Rechtverblüffend: Ja, das macht Sinn. Ich mache meinen Schwerpunkt im Medizinrecht und war neulich in einem Arzthaftungsprozess bei Gericht. Ich fand das Bild von dem vornehm gekleideten Mediziner neben einem guten Juristen und dem niedergeschlagenen Patienten gegenüber auch erschreckend. Der Patient hatte viele Langzeitfolgen und man hat richtig gemerkt, dass er all seine Hoffnungen in diese eine Anhörung und diesen Prozess gelegt hat. Insofern besteht eine gewisse Ungerechtigkeit - umso besser also, dass es Kanzleien gibt wie Ihre, die sich für ein bisschen mehr Gerechtigkeit einsetzen.


Thomas Gfrörer: Ja, Gerechtigkeit - oftmals sehen wir Hoffnung. Wir versuchen ja auch möglichst in allen Bereichen nicht vor Gericht zu gehen. Das ist eine zusätzliche Belastung für die Menschen und wir versuchen, das möglichst außergerichtlich zu machen. Aber ich sage auch meinen Mandanten: „Glauben Sie nicht, dass Sie, wenn Sie vor Gericht gehen, ein Wort der Entschuldigung hören“. Das habe ich, glaube ich, einmal erlebt.


Rechtverblüffend: Haben Sie denn einen besonders spannenden Fall, von dem Sie berichten können?

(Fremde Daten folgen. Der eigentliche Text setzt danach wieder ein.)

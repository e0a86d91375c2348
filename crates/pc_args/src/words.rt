//! What the words of a command line ask for, read by clap: one command line, with a subcommand for each command and its required
//! arguments.
ghost use Rattle.std.specs.Prelude.{◌≡◌, [], false, true, map, option_and_then, option_map, unwrap_or, IfErr, IfOk};
ghost use Rattle.clap.specs.Matches.{first_value};
ghost use Rattle.clap.specs.Simple.{new_shape, shape_of};
ghost use Rattle.clap.specs.Words.{FailsBy, app_of, fault_of, found_of, kind_of, rows_of, rule_of, subcommand_of, subcommand_rows_of, takes, with_subcommand};
ghost use Rattle.clap.specs.declared.builder.command.Command.TheViews.{out-Command as fields_of};
ghost use Rattle.pc_args.specs.Asked.{asked_by_name, texts, argument_value};
ghost use Rattle.pc_args.specs.Commands.{asked_by};
ghost use Rattle.pc_args.specs.Line as line;
ghost use Rattle.pc_args.specs.ReadingEnds.{ReadingEnds};
ghost use Rattle.pc_args.specs.Rows.{line_of};

use clap::error::ErrorKind;
use clap::{Arg, ArgMatches, Error};
use std::alloc::{AllocError, Global};

// The subcommands in their order, each with its arguments.
const SUBCOMMANDS: [(&str, &[&str]); 15] = [
    ("check", &["SRC"]),
    ("judge", &["SRC", "DERIV"]),
    ("run", &["SRC", "SCHED"]),
    ("show", &["SRC"]),
    ("make", &["SEED", "SIZE"]),
    ("swap", &["SRC", "SCHED", "PLACE"]),
    ("trace", &["SRC", "SCHED"]),
    ("sends", &["SRC"]),
    ("upgrade", &["SRC", "DERIV"]),
    ("schedule", &["SRC", "SEED"]),
    ("play", &["SRC", "SEED"]),
    ("outcomes", &["SRC", "COUNT"]),
    ("places", &["SRC"]),
    ("events", &["SRC", "SCHED"]),
    ("explain", &["SRC"]),
];

/// What words ask for, with names and numbers as written.
#[derive(Clone, Copy, Debug)]
pub enum Command<'a> {
    /// To check a source.
    Check {
        source: &'a str,
    },
    /// To judge a derivation of a source.
    Judge {
        source: &'a str,
        derivation: &'a str,
    },
    /// To run a source by a schedule.
    Run {
        source: &'a str,
        schedule: &'a str,
    },
    /// To print a source.
    Show {
        source: &'a str,
    },
    /// To generate a program from a number, and to run it.
    Make {
        seed: &'a str,
        size: &'a str,
    },
    /// To exchange two turns of a schedule of a source.
    Swap {
        source: &'a str,
        schedule: &'a str,
        place: &'a str,
    },
    /// To write the accesses of a run of a source by a schedule, with their clocks.
    Trace {
        source: &'a str,
        schedule: &'a str,
    },
    /// To write the events of a run of a source by a schedule, with their clocks.
    Events {
        source: &'a str,
        schedule: &'a str,
    },
    /// To write the core of a source with its names and places.
    Places {
        source: &'a str,
    },
    /// To explain why a source is refused.
    Explain {
        source: &'a str,
    },
    /// To list which entity of a source may send which message.
    Sends {
        source: &'a str,
    },
    /// To rewrite a derivation of a source, in version 2 of its text.
    Upgrade {
        source: &'a str,
        derivation: &'a str,
    },
    /// To write the schedule that a seed chooses for a source.
    Schedule {
        source: &'a str,
        seed: &'a str,
    },
    /// To run a source by the schedule that a seed chooses.
    Play {
        source: &'a str,
        seed: &'a str,
    },
    /// To play a source by some seeds, and to write each different outcome once.
    Outcomes {
        source: &'a str,
        count: &'a str,
    },
}

/// Why words ask for nothing.
#[derive(Clone, Copy, Debug)]
pub enum WordsFault {
    /// The command line does not take them.
    Refused,
    /// Memory ran out.
    Memory,
}

// A required argument of one value, without a name of its own on the command line.
fn make_positional<'a>(alloc: Global, id: &'a str) -> Arg<'a>
    ensures rule { rule_of result ≡ line.positional id.entry.now }
    ensures local { result.global ≡ false }
{
    Arg::new(alloc, id).required(true)
}

// A command without subcommands, with these required arguments.
fn make_leaf<'a>(
    alloc: Global,
    name: &'a str,
    ids: &[&'a str],
) -> Result<clap::Command<'a>, AllocError>
    ensures shape { IfOk result (λ c. shape_of c ≡ record (new_shape name.entry.now) { rules = map line.positional (texts ids.now) }) }
    ensures local { IfOk result (λ c. (fields_of c).has_globals ≡ false) }
{
    let mut leaf = clap::Command::new(alloc, name);
    for id in ids {
        leaf = leaf.arg(make_positional(alloc, id))?;
    }
    Ok(leaf)
}

// A command with one more subcommand, with these required arguments.
fn with_leaf<'a>(
    command: clap::Command<'a>,
    alloc: Global,
    name: &'a str,
    ids: &[&'a str],
) -> Result<clap::Command<'a>, AllocError>
    ensures { IfOk result (λ c. app_of c ≡ with_subcommand (app_of command.entry) (record (new_shape name.entry.now) { rules = map line.positional (texts ids.now) })) }
{
    match make_leaf(alloc, name, ids) {
        Ok(leaf) => command.subcommand(leaf),
        Err(error) => Err(error),
    }
}

// The command line without a subcommand.
fn make_bare<'a>(alloc: Global) -> clap::Command<'a>
    ensures { app_of result ≡ line.bare }
{
    clap::Command::new(alloc, "rcap")
        .no_binary_name(true)
        .disable_help_subcommand(true)
        .subcommand_required(true)
}

// The command line with these subcommands: of each its name and its arguments.
fn make_line<'a>(
    alloc: Global,
    rows: &[(&'a str, &'a [&'a str])],
) -> Result<clap::Command<'a>, AllocError>
    ensures { IfOk result (λ c. app_of c ≡ line_of rows.now) }
{
    let mut command = make_bare(alloc);
    for row in rows {
        command = with_leaf(command, alloc, row.0, row.1)?;
    }
    Ok(command)
}

// The whole command line, its words not yet read.
fn make_rcap<'a>(alloc: Global) -> Result<clap::Command<'a>, AllocError>
    ensures { IfOk result (λ c. app_of c ≡ line.rcap) }
{
    make_line(alloc, &SUBCOMMANDS)
}

// The matches of the words, or why clap refuses them.
fn read_matches<'a>(alloc: Global, words: &'a [&'a str]) -> Result<ArgMatches<'a>, Error>
    ensures ok { IfOk result (λ m. subcommand_rows_of m ≡ subcommand_of line.rcap (texts words.entry.now)) }
    ensures kinds { FailsBy (fault_of line.rcap (texts words.entry.now)) result }
    ensures err { IfErr result (λ e. takes line.rcap (texts words.entry.now) ≡ true → kind_of e ≡ ErrorKind.OutOfMemory) }
{
    make_rcap(alloc)?.try_get_matches_from(words)
}

/// Reads the words after the program's name. The answer is what they ask for by definition, or they are refused, or
/// memory ran out.
pub fn read_words<'a>(alloc: Global, words: &'a [&'a str]) -> Result<Command<'a>, WordsFault>
    ensures { ReadingEnds (texts words.entry.now) result }
{
    match read_matches(alloc, words) {
        Ok(matches) => match command_in(&matches) {
            Some(command) => Ok(command),
            None => Err(WordsFault::Refused),
        },
        Err(error) if error.kind() == ErrorKind::OutOfMemory => Err(WordsFault::Memory),
        Err(_) => Err(WordsFault::Refused),
    }
}

// The command that matches name.
fn command_in<'a>(matches: &ArgMatches<'a>) -> Option<Command<'a>>
    ensures { option_map asked_by result ≡ option_and_then asked_by_name (subcommand_rows_of matches.now) }
{
    let (name, own) = matches.subcommand()?;
    match name {
        "check" => Some(Command::Check {
            source: value_of(own, "SRC"),
        }),
        "judge" => Some(Command::Judge {
            source: value_of(own, "SRC"),
            derivation: value_of(own, "DERIV"),
        }),
        "run" => Some(Command::Run {
            source: value_of(own, "SRC"),
            schedule: value_of(own, "SCHED"),
        }),
        "show" => Some(Command::Show {
            source: value_of(own, "SRC"),
        }),
        "make" => Some(Command::Make {
            seed: value_of(own, "SEED"),
            size: value_of(own, "SIZE"),
        }),
        "swap" => Some(Command::Swap {
            source: value_of(own, "SRC"),
            schedule: value_of(own, "SCHED"),
            place: value_of(own, "PLACE"),
        }),
        "trace" => Some(Command::Trace {
            source: value_of(own, "SRC"),
            schedule: value_of(own, "SCHED"),
        }),
        "events" => Some(Command::Events {
            source: value_of(own, "SRC"),
            schedule: value_of(own, "SCHED"),
        }),
        "places" => Some(Command::Places {
            source: value_of(own, "SRC"),
        }),
        "explain" => Some(Command::Explain {
            source: value_of(own, "SRC"),
        }),
        "sends" => Some(Command::Sends {
            source: value_of(own, "SRC"),
        }),
        "upgrade" => Some(Command::Upgrade {
            source: value_of(own, "SRC"),
            derivation: value_of(own, "DERIV"),
        }),
        "schedule" => Some(Command::Schedule {
            source: value_of(own, "SRC"),
            seed: value_of(own, "SEED"),
        }),
        "play" => Some(Command::Play {
            source: value_of(own, "SRC"),
            seed: value_of(own, "SEED"),
        }),
        "outcomes" => Some(Command::Outcomes {
            source: value_of(own, "SRC"),
            count: value_of(own, "COUNT"),
        }),
        _ => None,
    }
}

// The value of an argument, or the empty text.
fn value_of<'a>(matches: &ArgMatches<'a>, id: &str) -> &'a str
    ensures { result.now ≡ argument_value id.now (rows_of (found_of matches.now)) }
{
    first_text(matches, id)
}

// The first value of an argument, or the empty text.
fn first_text<'a>(matches: &ArgMatches<'a>, id: &str) -> &'a str
    ensures { result.now ≡ unwrap_or (first_value (found_of matches.now) id.now) [] }
{
    matches.get_str(id).unwrap_or("")
}
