//! Which words are certain to be taken.
ghost use Rattle.pc_args.specs.Forms.{WrittenFormsAreTaken};
ghost use Rattle.pc_args.specs.Refused.{OnlyRefusedAskForNothing};

/// The words of each command's form, with names that are neither empty nor begin with `-`, are taken, and ask for exactly
/// that command.
pub fn written_forms_are_taken()
    ensures { WrittenFormsAreTaken }
{}

/// Words ask for nothing iff they are refused, that is, the command line does not take them and reports a fault.
pub fn only_refused_words_ask_for_nothing()
    ensures { OnlyRefusedAskForNothing }
{}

Thomas Gfrörer: Ich bin im Unfallbereich tätig und vertrete sehr viele geschädigte Menschen, die schwere Unfälle durch Verbrennungen erlitten haben. In einem sehr eindrucksvollen Fall habe ich einen Jungen vertreten, der zum Unfallzeitpunkt sieben Jahre alt war. In einer Universität gab es einen Tag der offenen Tür für Kinder. Eine Leiterin hat dabei mit brennbaren Flüssigkeiten hantiert und es kam, wie es kommen musste: es gab eine riesige Verpuffung und der Junge stand direkt daneben und stand von oben bis unten lichterloh in Flammen. Dieser kleine Junge war dann wirklich so schwer verbrannt, dass er aussah wie Freddy Krueger. Er war vorher bei einem Anwalt, der der Mutter des geschädigten Jungen geraten hat, hier maximal 20-30 000 Euro Schmerzensgeld zu fordern. Sie kam dann zu uns und wir haben den Fall bei 1,6 Millionen abgeschlossen. Das sind natürlich Erfolge, die uns unglaublich freuen.

Ein weiteres Beispiel: Eine junge Frau erlitt einen schweren Verkehrsunfall, brach sich mehrfach das Bein und trug ein Schädel-Hirn-Trauma sowie eine Gehirnblutung und Hörverlust davon. Wenn wir so einen Fall übernehmen, müssen wir erst einmal dafür Sorge tragen, dass die Menschen die richtige Betreuung bekommen. Wir kümmern uns also auch um Reha-Dienste und finanzielle Unterstützung. Das ist eine sehr wichtige Hilfe über die Möglichkeit unserer juristischen Unterstützung hinaus - häufig leidet ja die ganze Familie, wenn zum Beispiel der Hauptverdiener nicht mehr arbeiten kann.


Rechtverblüffend Toll, dass Sie sich dann so engagieren, damit die Opfer von solchen Schicksalen sich nicht allein gelassen fühlen. Sie sind dabei deutschlandweit tätig, oder?


Thomas Gfrörer: Genau. Teilweise haben wir sogar Mandanten aus dem Ausland. Aber wenn da etwas bei einem ausländischen Arzt falsch läuft, brauchen wir nicht tätig werden. Wir übernehmen gerne alles, was in Deutschland und unter deutschem Recht passiert ist und bieten denen unsere vielfältige Unterstützung an, die Sie brauchen, um ihnen bei solchen Schicksalsschlägen zum Recht zu verhelfen.